I assume it's suppose to be completed for the 2008 Olympics. So we'll all probably get to see it when the international media plugs in. I wonder if watching it on TV will do it justice.

There's an artist's rendition of being able to watch TV on a large portion of the sides of the building. That would be interesting if true.


----------



## PotatoGuy (May 10, 2005)

wow, its pretty cool, but best skyscraper ever i think is a little much


----------



## sloid (May 23, 2005)

Wow, 230 metres tall work of art. Not bad China!


----------



## Madman (Dec 29, 2003)

Look at that cantilever, must cause many sleepless nights for the civil engineers lol


----------



## Þróndeimr (Jan 14, 2003)

Ya Mar said:


> It does not seem like much of a skyscraper. How tall is it?

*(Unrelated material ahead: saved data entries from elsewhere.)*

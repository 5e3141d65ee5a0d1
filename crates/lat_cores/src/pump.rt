//! Bytes both ways over frames that are lost, delivered and repeated by a pattern.

use crate::hear::hand;
use crate::play::Play;
use crate::post::Post;
use crate::station::Station;
use lat_base::{Addr, Answer, Bytes, Event, Memory, OutBox, Payload};
use lat_script::{Came, ScriptFault, byte_of, number, word};
use std::alloc::Global;

/// How many bytes are put at each end.
const BYTES: u64 = 1000;

/// How many rounds there are at most.
const ROUNDS: u64 = 20_000;

// Whence frames come, and when.
#[derive(Clone, Copy)]
struct Way {
    from: Addr,
    now: u64,
}

// How frames are delivered, and what became of them.
#[derive(Drop)]
struct Pump<'x> {
    // The digits of a number, which say in turn how often a frame is delivered.
    pattern: &'x [u8],
    turns: usize,
    made: u64,
    delivered: u64,
    // The frames of the last step.
    out: OutBox,
}

impl<'x> Pump<'x> {
    // How often the next frame is delivered.
    fn times(&mut self) -> u8 {
        if self.pattern.is_empty() {
            return 1;
        }
        let place = self.turns % self.pattern.len();
        self.turns = place + 1;
        self.pattern[place].saturating_sub(b'0')
    }

    // Counts the frames of the last step, and keeps those to an address.
    fn note(&mut self, to: Addr, frames: &mut Vec<Payload>) -> Result<(), Memory> {
        for frame in self.out.frames() {
            self.made = self.made.saturating_add(1);
            if frame.to == to {
                frames.push(frame.payload.copy())?;
            }
        }
        Ok(())
    }

    // Gives a core a moment, and keeps its frames to an address.
    fn pass<C: Station>(
        &mut self,
        alloc: Global,
        post: &mut Post<C>,
        now: u64,
        to: Addr,
        frames: &mut Vec<Payload>,
    ) -> Result<(), Memory> {
        self.out.clear();
        post.step(alloc, &Event::Time { now }, &mut self.out)?;
        self.note(to, frames)
    }

    // Delivers a frame as often as it is its turn, and keeps what the core sends back.
    fn deliver<C: Station>(
        &mut self,
        alloc: Global,
        way: Way,
        payload: &Payload,
        post: &mut Post<C>,
        back: &mut Vec<Payload>,
    ) -> Result<(), Memory> {
        for _ in 0..self.times() {
            hand(
                alloc,
                post,
                way.from,
                payload.bytes(),
                way.now,
                &mut self.out,
            )?;
            self.delivered = self.delivered.saturating_add(1);
            self.note(way.from, back)?;
        }
        Ok(())
    }

    // Delivers frames in order, and forgets them.
    fn deliver_all<C: Station>(
        &mut self,
        alloc: Global,
        way: Way,
        frames: &mut Vec<Payload>,
        post: &mut Post<C>,
        back: &mut Vec<Payload>,
    ) -> Result<(), Memory> {
        for payload in frames.iter() {
            self.deliver(alloc, way, payload, post, back)?;
        }
        frames.clear();
        Ok(())
    }
}

fn put_all<C: Station>(alloc: Global, post: &mut Post<C>, out: &mut OutBox) -> Result<(), Memory> {
    let mut bytes = Vec::new(alloc);
    for number in 0..BYTES {
        bytes.push(byte_of(number))?;
    }
    out.clear();
    let bytes = Bytes::copy(alloc, &bytes)?;
    post.step(alloc, &Event::Put { line: 1, bytes }, out)?;
    Ok(())
}

// Takes what has come to line 1 of a core.
fn take_all<C: Station>(
    alloc: Global,
    post: &mut Post<C>,
    out: &mut OutBox,
    came: &mut Came,
) -> Result<(), Memory> {
    out.clear();
    let taking = Event::Take { line: 1, n: 4096 };
    if let Answer::Took(items) = post.step(alloc, &taking, out)? {
        for item in items.as_slice() {
            came.look(*item);
        }
    }
    Ok(())
}

// The frames that are under way to each core, and the items that came to it.
#[derive(Drop)]
struct Under {
    to_server: Vec<Payload>,
    to_node: Vec<Payload>,
    at_server: Came,
    at_node: Came,
}

impl<S: Station, N: Station> Play<S, N> {
    // One round: a moment, the frames, and takes.
    fn round(&mut self, alloc: Global, pump: &mut Pump, under: &mut Under) -> Result<(), Memory> {
        let (server, node) = (self.server.own(), self.node.own());
        let moments = self.server.moment().max(self.node.moment());
        let now = moments.saturating_add(80);
        self.latest = self.latest.max(now);
        pump.pass(alloc, &mut self.server, now, node, &mut under.to_node)?;
        pump.pass(alloc, &mut self.node, now, server, &mut under.to_server)?;
        let way = Way { from: server, now };
        pump.deliver_all(
            alloc,
            way,
            &mut under.to_node,
            &mut self.node,
            &mut under.to_server,
        )?;
        let way = Way { from: node, now };
        pump.deliver_all(
            alloc,
            way,
            &mut under.to_server,
            &mut self.server,
            &mut under.to_node,
        )?;
        let out = &mut pump.out;
        take_all(alloc, &mut self.server, out, &mut under.at_server)?;
        take_all(alloc, &mut self.node, out, &mut under.at_node)
    }

    // Rounds until all items have come; tells how many there were.
    fn rounds(&mut self, alloc: Global, pump: &mut Pump, under: &mut Under) -> Result<u64, Memory> {
        for rounds in 0..ROUNDS {
            if under.at_server.items >= BYTES && under.at_node.items >= BYTES {
                return Ok(rounds);
            }
            self.round(alloc, pump, under)?;
        }
        Ok(ROUNDS)
    }

    /// Pumps bytes both ways. The word behind the command is a number, whose digits are the pattern.
    pub fn pump(
        &mut self,
        alloc: Global,
        line: &str,
        text: &mut String,
    ) -> Result<(), ScriptFault> {
        number(line, 1)?;
        let none = Came { items: 0, wrong: 0 };
        let mut pump = Pump {
            pattern: word(line, 1).as_bytes(),
            turns: 0,
            made: 0,
            delivered: 0,
            out: OutBox::make(alloc)?,
        };
        let mut under = Under {
            to_server: Vec::new(alloc),
            to_node: Vec::new(alloc),
            at_server: none,
            at_node: none,
        };
        put_all(alloc, &mut self.server, &mut pump.out)?;
        put_all(alloc, &mut self.node, &mut pump.out)?;
        let rounds = self.rounds(alloc, &mut pump, &mut under)?;
        let (made, delivered) = (pump.made, pump.delivered);
        write!(text, "rounds {rounds} frames {made} delivered {delivered}")?;
        Ok(came_onto(text, &under)?)
    }
}

// What came.
fn came_onto(text: &mut String, under: &Under) -> Result<(), Memory> {
    let (up, down) = (under.at_node.items, under.at_server.items);
    let wrong = under.at_node.wrong.saturating_add(under.at_server.wrong);
    write!(text, " items {up} {down}")?;
    if wrong == 0 {
        text.push_str(" in order\n")?;
    } else {
        write!(text, " wrong {wrong}\n")?;
    }
    Ok(())
}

230m, so it is a skyscraper, a very large one actually if we consider the area of the building!


----------



## Þróndeimr (Jan 14, 2003)

Gravitas said:


> I assume it's suppose to be completed for the 2008 Olympics. So we'll all probably get to see it when the international media plugs in. I wonder if watching it on TV will do it justice.
> 
> There's an artist's rendition of being able to watch TV on a large portion of the sides of the building. That would be interesting if true.


No, construction was delayted because of cost problems, so its supose to be completed in 2009.

More information, pics and the latest construction updates can be found in this thread.


----------



## Travis007 (Jul 19, 2004)

It's pretty nice, one of the more daring and original designs I've seen and definitely reflects the new age of modern architecture and engineering, but "best skyscraper ever"? I'll leave my judgement until it's complete.


----------